● Problem description:
Show every line of the data where the word "IsGuardWithin" can be found.

● Exercise input:
=== Begin Enclosure ===

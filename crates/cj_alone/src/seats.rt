//! The seats of a run on one thread.

use cj_profile::ProfileSeat;
use cj_publish::CodeSeat;

/// A seat at each of the two tables, which goes from sessions to workers and back.
#[derive(Drop)]
pub(crate) struct Seats {
    pub(crate) code: CodeSeat,
    pub(crate) profile: ProfileSeat,
}
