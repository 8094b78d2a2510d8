//! Inlining on drafts.
#![tactic(auto)]

pub mod entries;
pub mod inlining;
pub mod laws;
pub mod offences;
pub mod places;
pub mod seams;
pub mod shifts;

pub use inlining::inline;
pub use offences::called_at;
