//! Registers and labels of a callee, in the numbers of its caller.

ghost use Rattle.std.specs.Prelude.{◌≡◌, ◌<◌, ◌≤◌, ℕ, All, IfOk, map};
ghost use Rattle.cj_ir.specs.Values.{IsOperandWithin, IsExprWithin};
ghost use Rattle.cj_draft.specs.WellNamed.{IsGuardWithin};
ghost use Rattle.cj_draft.specs.Operands.{with_operands};
ghost use Rattle.cj_draft.specs.Inlining.{shift_reg, shift_label, shift_operand, shift_guard, shift_pair, shift_frame, shift_fact};
ghost use Rattle.cj_draft.specs.declared.limits.TheConstants.{MAX_CODE_REGS, MAX_CODE_LABELS};

use cj_draft::{Fact, Pair, PointFrame};
use cj_ir::{Expr, Guard, Label, NoMemory, Operand, Reg, Sequence};

#[tactic(auto, unfolding(cj_draft::specs::Inlining::shift_reg))]
pub(crate) fn shifted_reg(by: u32, reg: Reg) -> Reg
    requires few { by ≤ MAX_CODE_REGS }
    requires within { reg.0 < MAX_CODE_REGS }
    ensures { result ≡ shift_reg by reg }
{
    Reg(by + reg.0)
}

#[tactic(auto, unfolding(cj_draft::specs::Inlining::shift_label))]
pub(crate) fn shifted_label(by: u32, label: Label) -> Label
    requires few { by ≤ MAX_CODE_LABELS }
    requires within { label.0 < MAX_CODE_LABELS }
    ensures { result ≡ shift_label by label }
{
    Label(by + label.0)
}

#[tactic(auto, unfolding(cj_draft::specs::Inlining::shift_operand))]
pub(crate) fn shifted_operand(by: u32, operand: Operand) -> Operand
    requires few { by ≤ MAX_CODE_REGS }
    requires within { IsOperandWithin MAX_CODE_REGS operand }
    ensures { result ≡ shift_operand by operand }
{
    match operand {
        Operand::Reg(reg) => Operand::Reg(shifted_reg(by, reg)),
        Operand::Const(value) => Operand::Const(value),
    }
}

#[tactic(auto, unfolding(cj_draft::specs::Operands::with_operands))]
pub(crate) fn shifted_expr(by: u32, expr: Expr) -> Expr
    requires few { by ≤ MAX_CODE_REGS }
    requires within { IsExprWithin MAX_CODE_REGS expr }
    ensures { result ≡ with_operands (shift_operand by) expr }
{
    match expr {
        Expr::Copy(a) => Expr::Copy(shifted_operand(by, a)),
        Expr::Neg(a) => Expr::Neg(shifted_operand(by, a)),
        Expr::Eqz(a) => Expr::Eqz(shifted_operand(by, a)),
        Expr::Add(a, b) => Expr::Add(shifted_operand(by, a), shifted_operand(by, b)),
        Expr::Sub(a, b) => Expr::Sub(shifted_operand(by, a), shifted_operand(by, b)),
        Expr::Mul(a, b) => Expr::Mul(shifted_operand(by, a), shifted_operand(by, b)),
        Expr::Div(a, b) => Expr::Div(shifted_operand(by, a), shifted_operand(by, b)),
        Expr::Rem(a, b) => Expr::Rem(shifted_operand(by, a), shifted_operand(by, b)),
        Expr::Eq(a, b) => Expr::Eq(shifted_operand(by, a), shifted_operand(by, b)),
        Expr::Lt(a, b) => Expr::Lt(shifted_operand(by, a), shifted_operand(by, b)),
    }
}

/// What names registers of a callee.
pub(crate) trait Shift: Drop {
    ghost shift: { ℕ → Self → Self };

    ghost is_within: { Self → Type 0 };

    /// The same of the registers that many further on.
    fn shifted(&self, by: u32) -> Result<Self, NoMemory>
        requires few { by ≤ MAX_CODE_REGS }
        requires within { is_within self.now }
        ensures { IfOk result (λ made. made ≡ shift by self.now) };
}

impl Shift for Operand {
    ghost shift = { shift_operand };

    ghost is_within = { IsOperandWithin MAX_CODE_REGS };

    fn shifted(&self, by: u32) -> Result<Operand, NoMemory> {
        Ok(shifted_operand(by, *self))
    }
}

#[tactic(auto, unfolding(cj_draft::specs::Inlining::shift_guard))]
impl Shift for Guard {
    ghost shift = { shift_guard };

    ghost is_within = { IsGuardWithin MAX_CODE_REGS };

    fn shifted(&self, by: u32) -> Result<Guard, NoMemory> {
        Ok(match *self {
            Guard::Is { reg, value } => Guard::Is {
                reg: shifted_reg(by, reg),
                value,
            },
            Guard::Never => Guard::Never,
        })
    }
}

#[tactic(auto, unfolding(cj_draft::specs::Inlining::shift_pair))]
impl Shift for Pair {
    ghost shift = { shift_pair };

    ghost is_within = { λ pair. (pair.dest.0 < MAX_CODE_REGS) × IsOperandWithin MAX_CODE_REGS pair.value };

    fn shifted(&self, by: u32) -> Result<Pair, NoMemory> {
        Ok(Pair {
            dest: shifted_reg(by, self.dest),
            value: shifted_operand(by, self.value),
        })
    }
}

#[tactic(auto, unfolding(cj_draft::specs::Inlining::shift_fact))]
impl Shift for Fact {
    ghost shift = { shift_fact };

    ghost is_within = { λ fact. fact.reg.0 < MAX_CODE_REGS };

    fn shifted(&self, by: u32) -> Result<Fact, NoMemory> {
        Ok(Fact {
            reg: shifted_reg(by, self.reg),
            value: self.value,
        })
    }
}

#[tactic(auto, unfolding(cj_draft::specs::Inlining::shift_frame))]
impl Shift for PointFrame {
    ghost shift = { shift_frame };

    ghost is_within = { λ frame. All (IsOperandWithin MAX_CODE_REGS) frame.map };

    fn shifted(&self, by: u32) -> Result<PointFrame, NoMemory> {
        let map = shifted_all(&self.map, by)?;
        Ok(PointFrame {
            function: self.function,
            label: self.label,
            dest: self.dest,
            map,
        })
    }
}

/// The same items of the registers that many further on.
pub(crate) fn shifted_all<T: Shift>(items: &Sequence<T>, by: u32) -> Result<Sequence<T>, NoMemory>
    requires few { by ≤ MAX_CODE_REGS }
    requires within { All T.is_within items.now }
    ensures { IfOk result (λ made. made ≡ map (T.shift by) items.now) }
{
    let mut made = Sequence::new(items.allocator());
    'each: for item in items.items() {
        let item = item.shifted(by)?;
        made.push(item)?;
    }
    Ok(made)
}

=== End Enclosure ===

● Exercise response:
ghost use Rattle.cj_draft.specs.WellNamed.{IsGuardWithin};
    ghost is_within = { IsGuardWithin MAX_CODE_REGS };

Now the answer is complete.